The General Beta Prior:

The uniform prior is actually a special case of the Beta distribution. In general, if we use a \text{Beta}(\alpha, \beta) prior: f(p) = \frac{\Gamma(\alpha + \beta)}{\Gamma(\alpha)\Gamma(\beta)} p^{\alpha-1}(1-p)^{\beta-1}

Then the posterior is: p | x^n \sim \text{Beta}(\alpha + s, \beta + n - s)

Key insights:

  • The Beta distribution is conjugate to the Bernoulli likelihood - the posterior stays in the Beta family
  • The parameters \alpha and \beta act as “pseudo-counts”: \alpha prior successes, \beta prior failures
  • The uniform prior is \text{Beta}(1, 1) - one pseudo-success and one pseudo-failure
  • The posterior mean \bar{p} = \frac{\alpha + s}{\alpha + \beta + n} combines prior pseudo-counts with observed counts
  • As n \to \infty, the data dominates and the prior’s influence vanishes

Let’s visualize how the posterior evolves with data:

Show code
import numpy as np
import matplotlib.pyplot as plt
from scipy import stats

# Set up the figure
fig, axes = plt.subplots(2, 1, figsize=(7, 7))

# Top panel: Effect of sample size
ax1 = axes[0]
p_true = 0.7  # True probability
alpha_prior, beta_prior = 1, 1  # Uniform prior

# Different sample sizes
sample_sizes = [0, 10, 50, 200]
colors = ['gray', 'blue', 'green', 'red']

p_range = np.linspace(0, 1, 200)

# Set seed once outside the loop for reproducible results
np.random.seed(42)

for n, color in zip(sample_sizes, colors):
    if n == 0:
        # Just the prior
        y = stats.beta.pdf(p_range, alpha_prior, beta_prior)
        label = 'Prior'
    else:
        # Simulate data
        s = np.random.binomial(n, p_true)
        # Posterior parameters
        alpha_post = alpha_prior + s
        beta_post = beta_prior + n - s
        y = stats.beta.pdf(p_range, alpha_post, beta_post)
        label = f'n={n}, s={s}'
    
    ax1.plot(p_range, y, color=color, linewidth=2, label=label)
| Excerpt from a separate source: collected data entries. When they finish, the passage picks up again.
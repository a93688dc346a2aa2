//! From an export of both wires to a capture, and from a long capture to parts: what is written can be read.
//!
//! An export is read line by line. Its bytes are kept until it was read whole, so that a refused export leaves no part of a capture
//! behind; only a log that is converted while it grows is written line by line. All captures are written by `CaptureWriter`, which
//! takes no record that a capture can't have.
#![tactic(auto)]

mod digits;
mod fault;
mod kept;
pub mod laws;
mod lines;
mod log;
mod range;
mod saleae;
mod seconds;
mod sigrok;
mod split;
mod write;

pub use fault::{ConvertFault, Refusal, Wrong};
pub use log::{LogWords, Notice, convert_log};
pub use saleae::{SaleaeWords, convert_saleae};
pub use sigrok::{SigrokWords, convert_sigrok};
pub use split::{Split, SplitFault, SplitWords, part_name, split_capture};
pub use write::{CaptureWriter, RowFault, write_capture};
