//! A capture of the table that Saleae's Logic exports of two Async Serial analyzers, as CSV.
//!
//! Columns are found by their titles, and others are passed over: `name`, `type`, `start_time`, `data` and `error` in the newer form,
//! `Time [s]`, `Value`, `Parity Error` and `Framing Error` in the older one, with `Analyzer Name` where one file has both analyzers. An
//! older export without that column is one file for each analyzer: both are read in one, the controller's first. Times are cut to
//! whole microseconds; where one is below 0 all are moved by the same whole seconds.

use crate::digits::byte_of;
use crate::fault::{ConvertFault, refused_words};
use crate::kept::{KeepFault, Kept, Ties};
use crate::lines::Line;
use crate::range::TimeRange;
use crate::seconds::read_seconds_with_power;
use capture9::{CaptureKind, Wire, read_fields};
use csv::{ByteRecord, Reader, ReaderBuilder, Terminator};
use std::alloc::{AllocError, Global};
use std::io::{Read, Write};

/// What the words say of an export of Saleae's Logic, as they stand.
#[derive(Clone, Copy)]
pub struct SaleaeWords<'a> {
    /// The name of the controller's analyzer.
    pub controller: Option<&'a [u8]>,
    /// The name of the deck's.
    pub deck: Option<&'a [u8]>,
    /// The first time that is converted, in seconds as they stand in the export.
    pub from: Option<&'a [u8]>,
    /// The time from which on nothing is converted.
    pub to: Option<&'a [u8]>,
}

/// Where the columns stand.
#[derive(Clone, Copy)]
struct Columns {
    /// How many there are.
    count: usize,
    time: usize,
    byte: usize,
    /// The two columns that mark damage; in the newer form both are its only one.
    mark: usize,
    other_mark: usize,
    /// What a row is; the older form does not say.
    kind: Option<usize>,
    /// The analyzer; none where each has its own file.
    name: Option<usize>,
}

/// What is read of an export.
#[derive(Drop)]
struct Export<'a> {
    alloc: Global,
    words: SaleaeWords<'a>,
    range: TimeRange,
    columns: Columns,
    /// The wire of the file that is read, where each analyzer has its own.
    wire: Wire,
}

/// A row of the table, with what its refusal tells.
#[derive(Clone, Copy)]
struct Row<'a> {
    alloc: Global,
    number: u64,
    fields: &'a ByteRecord,
}

/// Reads an export of Saleae's Logic, and writes the capture. Where it is refused nothing is written.
pub fn convert_saleae<R: Read + Drop, W: Write + Drop>(
    alloc: Global,
    reader: R,
    writer: W,
    words: SaleaeWords<'_>,
) -> Result<(), ConvertFault> {
    let range = match TimeRange::named(words.from, words.to) {
        Ok(range) => range,
        Err(wrong) => return Err(refused_words(alloc, 0, wrong, b"")),
    };
    let mut kept = Kept::new(alloc);
    let mut rows = ReaderBuilder::new()
        .has_headers(false)
        .flexible(true)
        .terminator(Terminator::Any(b'\n')) // with a CR before it lines would be counted wrong
        .from_reader(alloc, reader);
    let last = read_table(alloc, &mut rows, words, range, &mut kept)?;
    let last = Line {
        alloc,
        number: last,
        text: b"",
    };
    kept.write(writer, last, range, Ties::ControllerFirst)
}

/// Reads the table, keeps its bytes, and answers the number of its last line.
fn read_table<R: Read + Drop>(
    alloc: Global,
    rows: &mut Reader<R>,
    words: SaleaeWords<'_>,
    range: TimeRange,
    kept: &mut Kept,
) -> Result<u64, ConvertFault> {
    let mut header = ByteRecord::new(alloc);
    if !read_row(rows, &mut header)? {
        return Ok(0);
    }
    let head = Row::of(alloc, &header);
    let columns = columns_of(&head)?;
    if columns.name.is_some() {
        check_names(&head, words)?;
    }
    let mut export = Export {
        alloc,
        words,
        range,
        columns,
        wire: Wire::Controller,
    };
    let last = export.take_all(rows, &head, kept)?;
    export.check_end(last)?;
    Ok(last)
}

/// Reads the next row that is no empty line: false after the last.
fn read_row<R: Read + Drop>(
    rows: &mut Reader<R>,
    row: &mut ByteRecord,
) -> Result<bool, ConvertFault> {
    for _ in 0..u64::MAX {
        match read_fields(rows, row) {
            Ok(false) => return Ok(false),
            Ok(true) if is_empty_line(row) => {}
            Ok(true) => return Ok(true),
            Err(kind) => return Err(fault_of(kind)),
        }
    }
    Ok(false)
}

/// What an error of reading rows comes to.
fn fault_of(kind: CaptureKind) -> ConvertFault {
    match kind {
        CaptureKind::OutOfMemory => ConvertFault::OutOfMemory,
        _ => ConvertFault::Read,
    }
}

/// Whether a row is a line of which only its CR is left.
fn is_empty_line(row: &ByteRecord) -> bool {
    row.len() == 1 && matches!(row.get(0), Some(b"\r"))
}

/// The number of the line that a row begins in.
fn number_of(row: &ByteRecord) -> u64 {
    match row.position() {
        Some(position) => position.line(),
        None => 0,
    }
}

/// Whether two rows have the same fields.
fn has_same_fields(row: &ByteRecord, other: &ByteRecord) -> bool {
    row.len() == other.len() && row.iter().eq(other.iter())
}

/// Where the columns of a table stand whose header this is.
fn columns_of(head: &Row<'_>) -> Result<Columns, ConvertFault> {
    let count = head.fields.len();
    if head.find(b"start_time").is_some() {
        let mark = head.column(b"error")?;
        return Ok(Columns {
            count,
            time: head.column(b"start_time")?,
            name: Some(head.column(b"name")?),
            kind: Some(head.column(b"type")?),
            byte: head.column(b"data")?,
            mark,
            other_mark: mark,
        });
    }
    Ok(Columns {
        count,
        time: head.column(b"Time [s]")?,
        name: head.find(b"Analyzer Name"),
        kind: None,
        byte: head.column(b"Value")?,
        mark: head.column(b"Parity Error")?,
        other_mark: head.column(b"Framing Error")?,
    })
}

/// Refuses words that don't name two analyzers, as a table with a column of names needs.
fn check_names(head: &Row<'_>, words: SaleaeWords<'_>) -> Result<(), ConvertFault> {
    let line = Line {
        alloc: head.alloc,
        number: head.number,
        text: b"",
    };
    let controller = words.controller.unwrap_or(b"");
    let deck = words.deck.unwrap_or(b"");
    if controller.is_empty() || deck.is_empty() {
        return Err(line.refused_words("--controller ANALYZER or --deck ANALYZER is missing"));
    }
    if controller == deck {
        return Err(line.refused_words("--controller and --deck are the same analyzer"));
    }
    Ok(())
}

impl Export<'_> {
    /// Takes the rows after the header, and answers the number of the last line.
    fn take_all<R: Read + Drop>(
        &mut self,
        rows: &mut Reader<R>,
        head: &Row<'_>,
        kept: &mut Kept,
    ) -> Result<u64, ConvertFault> {
        let mut last = head.number;
        let mut fields = ByteRecord::new(self.alloc);
        for _ in 0..u64::MAX {
            if !read_row(rows, &mut fields)? {
                break;
            }
            let row = Row::of(self.alloc, &fields);
            last = row.number;
            if has_same_fields(&fields, head.fields) {
                self.begin_file(&row)?;
            } else {
                self.take(&row, kept)?;
            }
        }
        Ok(last)
    }

    /// Goes on to the deck's file, whose header this row is.
    fn begin_file(&mut self, row: &Row<'_>) -> Result<(), ConvertFault> {
        if self.columns.name.is_some() {
            return Err(row.refused(
                "a second header; a table that names its analyzers has both wires, so give one file: ",
            ));
        }
        if self.wire == Wire::Deck {
            return Err(row.refused("a third file begins: "));
        }
        self.wire = Wire::Deck;
        Ok(())
    }

    /// Takes a row that is no header.
    fn take(&self, row: &Row<'_>, kept: &mut Kept) -> Result<(), ConvertFault> {
        let columns = self.columns;
        if row.fields.len() != columns.count {
            return Err(row.refused("not as many fields as the header: "));
        }
        let time_us = read_seconds_with_power(row.field(columns.time));
        if time_us.is_some_and(|time_us| !self.range.holds(time_us)) {
            return Ok(());
        }
        let byte = self.byte_of(row)?;
        let Some(time_us) = time_us else {
            return Err(row.refused(if has_clock(row.field(columns.time)) {
                "a time of day: export again with times in seconds, not as ISO 8601: "
            } else {
                "no time in seconds: "
            }));
        };
        let Some(wire) = self.wire_of(row) else {
            return Err(row.refused("neither the controller's analyzer nor the deck's: "));
        };
        kept.keep(time_us, wire, byte)
            .map_err(|fault| row.unkept(fault))
    }

    /// The byte of a row. Refused is one with a mark of damage, and what is no byte.
    fn byte_of(&self, row: &Row<'_>) -> Result<u8, ConvertFault> {
        let columns = self.columns;
        if !row.field(columns.mark).is_empty() || !row.field(columns.other_mark).is_empty() {
            return Err(row.refused("a damaged byte: "));
        }
        if columns
            .kind
            .is_some_and(|kind| row.field(kind) != b"data".as_slice())
        {
            return Err(row.refused("a row that is no byte: "));
        }
        match row
            .field(columns.byte)
            .strip_prefix(b"0x")
            .and_then(byte_of)
        {
            Some(byte) => Ok(byte),
            None => Err(row.refused("no byte of the form 0x20: ")),
        }
    }

    /// The wire of a row.
    fn wire_of(&self, row: &Row<'_>) -> Option<Wire> {
        let Some(name) = self.columns.name else {
            return Some(self.wire);
        };
        let name = Some(row.field(name));
        if name == self.words.controller {
            Some(Wire::Controller)
        } else if name == self.words.deck {
            Some(Wire::Deck)
        } else {
            None
        }
    }

    /// Refuses an export of one file, where there are to be two; this is the number of its last line.
    fn check_end(&self, number: u64) -> Result<(), ConvertFault> {
        if self.columns.name.is_some() || self.wire == Wire::Deck {
            return Ok(());
        }
        let last = Line {
            alloc: self.alloc,
            number,
            text: b"",
        };
        Err(last.refused_unshown("the deck's file is missing"))
    }
}

/// Whether a text has a clock somewhere: a digit, a colon, and two digits.
fn has_clock(text: &[u8]) -> bool {
    text.windows(4).any(|part| match part {
        [hour, b':', ten, unit] => [hour, ten, unit].iter().all(|byte| byte.is_ascii_digit()),
        _ => false,
    })
}

impl<'a> Row<'a> {
    /// The row that has these fields.
    fn of(alloc: Global, fields: &'a ByteRecord) -> Row<'a> {
        Row {
            alloc,
            number: number_of(fields),
            fields,
        }
    }
}

impl Row<'_> {
    /// A field; an empty one where the row has none there. A CR at the end of the row is none of it.
    fn field(&self, place: usize) -> &[u8] {
        let field = match self.fields.get(place) {
            Some(field) => field,
            None => b"",
        };
        if place.saturating_add(1) == self.fields.len() {
            field.strip_suffix(b"\r").unwrap_or(field)
        } else {
            field
        }
    }

    /// Where the last field with this title stands.
    fn find(&self, title: &[u8]) -> Option<usize> {
        (0..self.fields.len())
            .rev()
            .find(|place| self.field(*place) == title)
    }

    /// The same for a column that there has to be.
    fn column(&self, title: &[u8]) -> Result<usize, ConvertFault> {
        match self.find(title) {
            Some(place) => Ok(place),
            None => Err(self.without(title)),
        }
    }

    /// The fault that the header has no column with this title.
    fn without(&self, title: &[u8]) -> ConvertFault {
        match self.without_text(title) {
            Ok(what) => self.refused(what.as_str()),
            Err(_) => ConvertFault::OutOfMemory,
        }
    }

    /// What is said of that.
    fn without_text(&self, title: &[u8]) -> Result<String, AllocError> {
        let mut what = String::from_str(self.alloc, "the header has no column '")?;
        what.push_str(String::from_utf8_lossy(self.alloc, title)?.as_str())?;
        what.push_str("': ")?;
        Ok(what)
    }

    /// The fault that something is wrong in this row, whose fields are shown.
    fn refused(&self, what: &str) -> ConvertFault {
        match self.text() {
            Ok(text) => self.line(text.as_slice()).refused(what),
            Err(_) => ConvertFault::OutOfMemory,
        }
    }

    /// The fault of a row whose byte can't be kept.
    fn unkept(&self, fault: KeepFault) -> ConvertFault {
        match self.text() {
            Ok(text) => self.line(text.as_slice()).unkept(fault),
            Err(_) => ConvertFault::OutOfMemory,
        }
    }

    /// The row as a line of this text.
    fn line<'t>(&self, text: &'t [u8]) -> Line<'t> {
        Line {
            alloc: self.alloc,
            number: self.number,
            text,
        }
    }

    /// The fields, with commas between.
    fn text(&self) -> Result<Vec<u8>, AllocError> {
        let mut text = Vec::new(self.alloc);
        for place in 0..self.fields.len() {
            if place > 0 {
                text.push(b',')?;
            }
            text.extend_from_slice(self.field(place))?;
        }
        Ok(text)
    }
}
ax1.axvline(p_true, color='black', linestyle='--', alpha=0.5, label='True p')
ax1.set_xlabel('p')
ax1.set_ylabel('Density')
ax1.set_title('Posterior Becomes More Concentrated with More Data')
ax1.legend()
ax1.grid(True, alpha=0.3)

# Bottom panel: Effect of different priors
ax2 = axes[1]
n = 20
s = 10  # 50% success rate in data

priors = [
    (1, 1, 'Uniform: Beta(1,1)'),
    (10, 10, 'Informative: Beta(10,10)'),
    (1, 10, 'Skeptical: Beta(1,10)')
]

for (alpha, beta, label) in priors:
    # Prior
    prior_y = stats.beta.pdf(p_range, alpha, beta)
    ax2.plot(p_range, prior_y, linestyle=':', alpha=0.5)
    
    # Posterior
    alpha_post = alpha + s
    beta_post = beta + n - s
    post_y = stats.beta.pdf(p_range, alpha_post, beta_post)
    ax2.plot(p_range, post_y, linewidth=2, label=label)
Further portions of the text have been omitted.